» Exercise objective
What is needed is each line of the data below that holds the string "back".
BEGIN
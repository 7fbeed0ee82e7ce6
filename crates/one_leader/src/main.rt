//! Three workers share nine tasks. One of them leads and does the tasks, dies amid them, and another takes them over.
#![tactic(auto)]

ghost use Rattle.std.specs.Prelude.{◌<◌};

use rr_client::{
    Awaited, Caller, Change, ClusterError, Guest, GuestRuntime, Host, Names, Options, Place,
    Returned, Turnstile, WindowName, run_cluster,
};
use rr_types::{Name, Nodes, Reply, Value};
use std::fs;
use std::sync::Wait;

/// How long a leader may be silent, in milliseconds, before another takes its work over.
const SILENCE: u64 = 10_000;

/// What all names here begin with.
const ALL: &[u8] = b"t";

/// The name that is claimed once all tasks are done.
const DONE: &[u8] = b"tasks-done";

/// Someone who leads or waits, and how many tasks it has done.
#[derive(Drop)]
struct Worker {
    tasks: u32,
}

/// The name of a term. Who claims it leads in it.
fn term_name(term: u8) -> Result<Name, ClusterError>
    requires { term < 10 }
{
    Ok(Name::new(&[b't', b'e', b'r', b'm', b'-', b'0' + term])?)
}

/// The name of a task. Who claims it does it, and nobody else.
fn task_name(task: u8) -> Result<Name, ClusterError>
    requires { task < 10 }
{
    Ok(Name::new(&[b't', b'a', b's', b'k', b'-', b'0' + task])?)
}

/// Whether a change says that all tasks are done.
fn says_done(changes: &[Change]) -> bool {
    for change in changes {
        if change.name().as_bytes() == DONE {
            return true;
        }
    }
    false
}

/// Waits until all tasks are done, which it says, or until the leader is silent.
fn follow<W: WindowName, T: Turnstile, R: Wait, H: GuestRuntime>(
    names: &mut Caller<'_, '_, '_, W, T, R>,
    host: &Host<'_, H>,
) -> Result<bool, ClusterError> {
    for binding in &names.watch(ALL)? {
        if binding.name.as_bytes() == DONE {
            return Ok(true);
        }
    }
    for _ in host.rt().forever() {
        match names.changes_within(host.rt(), ALL, SILENCE)? {
            Awaited::TimeIsOver => return Ok(false),
            Awaited::Changed(changes) => {
                if says_done(changes.as_slice()) {
                    return Ok(true);
                }
            }
        }
    }
    unreachable!()
}

impl Worker {
    /// Does the tasks that nobody has begun. The first leader dies amid them: its node stops.
    fn lead<W: WindowName, T: Turnstile, R: Wait, H: GuestRuntime>(
        &mut self,
        names: &mut Caller<'_, '_, '_, W, T, R>,
        host: &Host<'_, H>,
        term: u8,
    ) -> Result<(), ClusterError> {
        for task in 1..10u8 {
            if term == 1 && task == 4 {
                host.stop(names.node());
                return Err(ClusterError::Over);
            }
            if let Reply::Claimed = names.claim(&task_name(task)?, &Value::new(b"begun")?)? {
                self.tasks = self.tasks.saturating_add(1);
            }
        }
        names.claim(&Name::new(DONE)?, &Value::new(b"")?)?;
        Ok(())
    }
}

impl Guest for Worker {
    fn run<W: WindowName, T: Turnstile, R: Wait, H: GuestRuntime>(
        &mut self,
        names: &mut Caller<'_, '_, '_, W, T, R>,
        host: &Host<'_, H>,
    ) -> Result<(), ClusterError> {
        for term in 1..10u8 {
            // The name of a dead leader stays its own. So the next leader is who claims the next name.
            if let Reply::Claimed = names.claim(&term_name(term)?, &Value::new(b"led")?)? {
                println!(host.rt(); "term {term} begins")?;
                return self.lead(names, host, term);
            }
            if follow(names, host)? {
                break;
            }
        }
        Ok(())
    }
}

fn main(rt: HostRuntime) -> anyhow::Result<()> {
    let _ = fs::remove_dir_all(&rt, "one_leader.nodes"); // to begin anew; a registry keeps its folder
    let mut places = Vec::new(rt.alloc());
    for node in 0..3u8 {
        let client = u32::from(node);
        let guest = Worker { tasks: 0 };
        places.push(Place {
            node,
            client,
            guest,
        })?;
    }
    let (nodes, options) = (Nodes::new(3)?, Options::usual());
    let mut tasks = 0u32;
    for back in run_cluster(&rt, nodes, "one_leader.nodes", &options, places)? {
        let Returned { guest, told } = back;
        tasks = tasks.saturating_add(guest.tasks);
        if let Err(error) = told {
            println!(rt; "a worker is gone: {error}")?;
        }
    }
    println!(rt; "{tasks} tasks are done, each once")?;
    Ok(())
}
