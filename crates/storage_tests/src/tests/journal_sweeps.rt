//! The areas of two runs with each byte at each of its values, and cut at each place.
//!
//! One run decided one command; the other then switched to a snapshot, which stands in area 1.

use super::expected::{all, alone, assert_numbers, assert_same, write};
use super::journal::{after, opened};
use super::samples::{area, changed, cut, put_at, snapshot};
use rr_disk::{Area, Disk, MemDisk};
use rr_frame::{Reader, Version, decode_group, decode_snapshot, encode_group, encode_snapshot};
use rr_journal::{Image, Opening, frame};
use rr_types::{Command, Name, Op, Promise, Refusal, RequestNo, Value};
use std::alloc::Global;
use std::process::Abort;

/// The payload of the frame whose gate stands at a place.
fn payload_at(bytes: &[u8], gate: usize) -> Option<&[u8]> {
    let (_, frame) = bytes.split_at_checked(gate)?;
    let (_, behind) = frame.split_at_checked(1)?;
    let mut reader = Reader::new(behind);
    let count = reader.u32().ok()?;
    reader.take(count as usize).ok()
}

/// The version of an area and the spelling of what is read of a frame: of its first, where no version is known yet, or of a
/// group. The versions have one spelling of a snapshot, but for its number.
fn respelled(
    alloc: Global,
    version: Option<Version>,
    payload: &[u8],
) -> Result<(Version, Vec<u8>), Refusal> {
    match version {
        None => {
            let (version, snapshot) = decode_snapshot(alloc, payload)?;
            let mut again = encode_snapshot(alloc, &snapshot)?;
            put_at(&mut again, 0, version.number());
            Ok((version, again))
        }
        Some(version) => {
            let group = decode_group(alloc, version, payload)?;
            Ok((version, encode_group(alloc, &group)?))
        }
    }
}

/// Asserts that the frames up to the last gate of an area are the spelling of what is read there.
fn assert_spelled(
    rt: &impl Abort,
    alloc: Global,
    bytes: &[u8],
    last: usize,
) -> Result<(), Refusal> {
    let mut gate = 0;
    let mut version = None;
    for _ in 0..bytes.len() {
        if gate == last {
            return Ok(());
        }
        let Some(payload) = payload_at(bytes, gate) else {
            break;
        };
        let (read, again) = respelled(alloc, version, payload)?;
        assert_same(rt, &again, payload, "a frame");
        version = Some(read);
        gate = gate.saturating_add(payload.len()).saturating_add(5);
    }
    rt.panic("no frame ends at the last gate")
}

/// The active area of an image, and the place of its last gate, if an area is active.
fn last_gate(image: &Image) -> Option<(Area, u64)> {
    match image {
        Image::Unformatted => None,
        Image::Active(area, content) => Some((*area, content.gate())),
        Image::Outdated(area, content) => Some((*area, content.gate())),
    }
}

/// Asserts that two areas are broken at a gate, or hold what they spell, or are unformatted.
fn assert_exact(
    rt: &impl Abort,
    alloc: Global,
    first: &[u8],
    second: &[u8],
) -> Result<(), Refusal> {
    match opened(alloc, first, second) {
        Ok(image) => match last_gate(&image) {
            None => assert!(rt; is_blank(first) && is_blank(second)),
            Some((Area::First, gate)) => assert_spelled(rt, alloc, first, gate as usize)?,
            Some((Area::Second, gate)) => assert_spelled(rt, alloc, second, gate as usize)?,
        },
        Err(Refusal::Damaged { area, offset }) => assert!(rt; is_gate(area, offset)),
        Err(refusal) => return Err(refusal),
    }
    Ok(())
}

/// Whether a gate of this area stands at an offset, before the last one of area 1.
fn is_gate(area: u8, offset: u64) -> bool {
    match area {
        0 => [0, 28, 73, 114, 155, 192].contains(&offset),
        1 => [0, 50].contains(&offset),
        _ => false,
    }
}

/// Whether an area isn't formatted.
fn is_blank(bytes: &[u8]) -> bool {
    bytes.len() < 2 || bytes[0] != 0xA5
}

/// Asserts that instance 0 has decided `7.1 claim a x`, and that nothing else is promised.
fn assert_one_decided(rt: &impl Abort, promise: &Promise) -> Result<(), Refusal> {
    let command = Command {
        request: RequestNo { client: 7, seq: 1 },
        op: Op::Claim(Name::new(b"a")?, Value::new(b"x")?),
    };
    match promise.entries() {
        [entry] => {
            assert_eq!(rt; entry.instance.number(), 0);
            match entry.decision() {
                Some(decided) => assert!(rt; decided.is_same(&command)),
                None => rt.panic("no decision"),
            }
        }
        _ => assert!(rt; false, "another promise"),
    }
    Ok(())
}

/// Asserts that an area is active with this epoch and this last gate behind four facts, by which one command is decided.
fn assert_holds(rt: &impl Abort, image: Image, active: Area, epoch: u64, gate: u64) {
    match image {
        Image::Active(area, content) => {
            assert!(rt; area == active, "the other area is active");
            assert_eq!(rt;
                (content.epoch(), content.next(), content.gate()),
                (epoch, 4, gate)
            );
            assert_one_decided(rt, &content.into_promise()).expect(rt, "memory");
        }
        _ => assert!(rt; false, "no area is active"),
    }
}

#[test]
fn what_the_areas_hold(rt: HostRuntime) {
    let alloc = rt.alloc();
    let image = opened(alloc, area(), &[]).expect(&rt, "memory");
    assert_holds(&rt, image, Area::First, 1, 192);
    let image = opened(alloc, area(), snapshot()).expect(&rt, "memory");
    assert_holds(&rt, image, Area::Second, 2, 50);
}

/// The snapshot before the groups of area 0.
#[test]
fn what_the_first_frame_holds(rt: HostRuntime) {
    let payload = payload_at(area(), 0).expect(&rt, "a frame");
    let (_, first) = decode_snapshot(rt.alloc(), payload).expect(&rt, "memory");
    assert_numbers(
        &rt,
        (first.epoch(), first.next()),
        (1, 0),
        "epoch and facts",
    );
    assert_eq!(rt; (first.node().index(), first.nodes().count()), (0, 1));
    assert!(rt; first.promise().entries().is_empty(), "a promise");
}

/// An area whose first byte is no open gate is formatted anew: its gate is opened by the sixth
/// device call.
#[test]
fn an_unformatted_area_is_formatted_anew(rt: HostRuntime) {
    let alloc = rt.alloc();
    let mut disk = MemDisk::new(alloc);
    let closed = changed(&rt, alloc, area(), 0, 0);
    write(&rt, &mut disk, Area::First, 0, &closed);
    disk.sync().expect(&rt, "a sync");
    let (nodes, node) = alone(&rt);
    let opening = after(&rt, alloc, Opening::start(nodes, node, disk), 6);
    let bytes = all(&rt, alloc, &mut opening.into_disk(), Area::First);
    // The snapshot of epoch 1 and its open gate; the next gate is closed, and nothing behind it has
    // changed.
    let expected = changed(&rt, alloc, area(), 28, 0);
    assert_same(&rt, &bytes, &expected, "area 0");
}

/// Asserts the same of area 0 alone, and beside the area with the snapshot.
fn assert_first(rt: &impl Abort, alloc: Global, first: &[u8]) {
    assert_exact(rt, alloc, first, &[]).expect(rt, "memory");
    assert_exact(rt, alloc, first, snapshot()).expect(rt, "memory");
}

#[test]
fn each_byte_of_area_0(rt: HostRuntime) {
    let alloc = rt.alloc();
    for (place, _) in area().iter().enumerate() {
        assert_first(&rt, alloc, cut(area(), place));
        for byte in 0..=255 {
            assert_first(&rt, alloc, &changed(&rt, alloc, area(), place, byte));
        }
    }
}

/// Asserts the same of the area with the snapshot, beside area 0.
fn assert_second(rt: &impl Abort, alloc: Global, second: &[u8]) {
    assert_exact(rt, alloc, area(), second).expect(rt, "memory");
}

#[test]
fn each_byte_of_area_1(rt: HostRuntime) {
    let alloc = rt.alloc();
    for (place, _) in snapshot().iter().enumerate() {
        assert_second(&rt, alloc, cut(snapshot(), place));
        for byte in 0..=255 {
            assert_second(&rt, alloc, &changed(&rt, alloc, snapshot(), place, byte));
        }
    }
}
END
» Result of the exercise
    for back in run_cluster(&rt, nodes, "one_leader.nodes", &options, places)? {
        let Returned { guest, told } = back;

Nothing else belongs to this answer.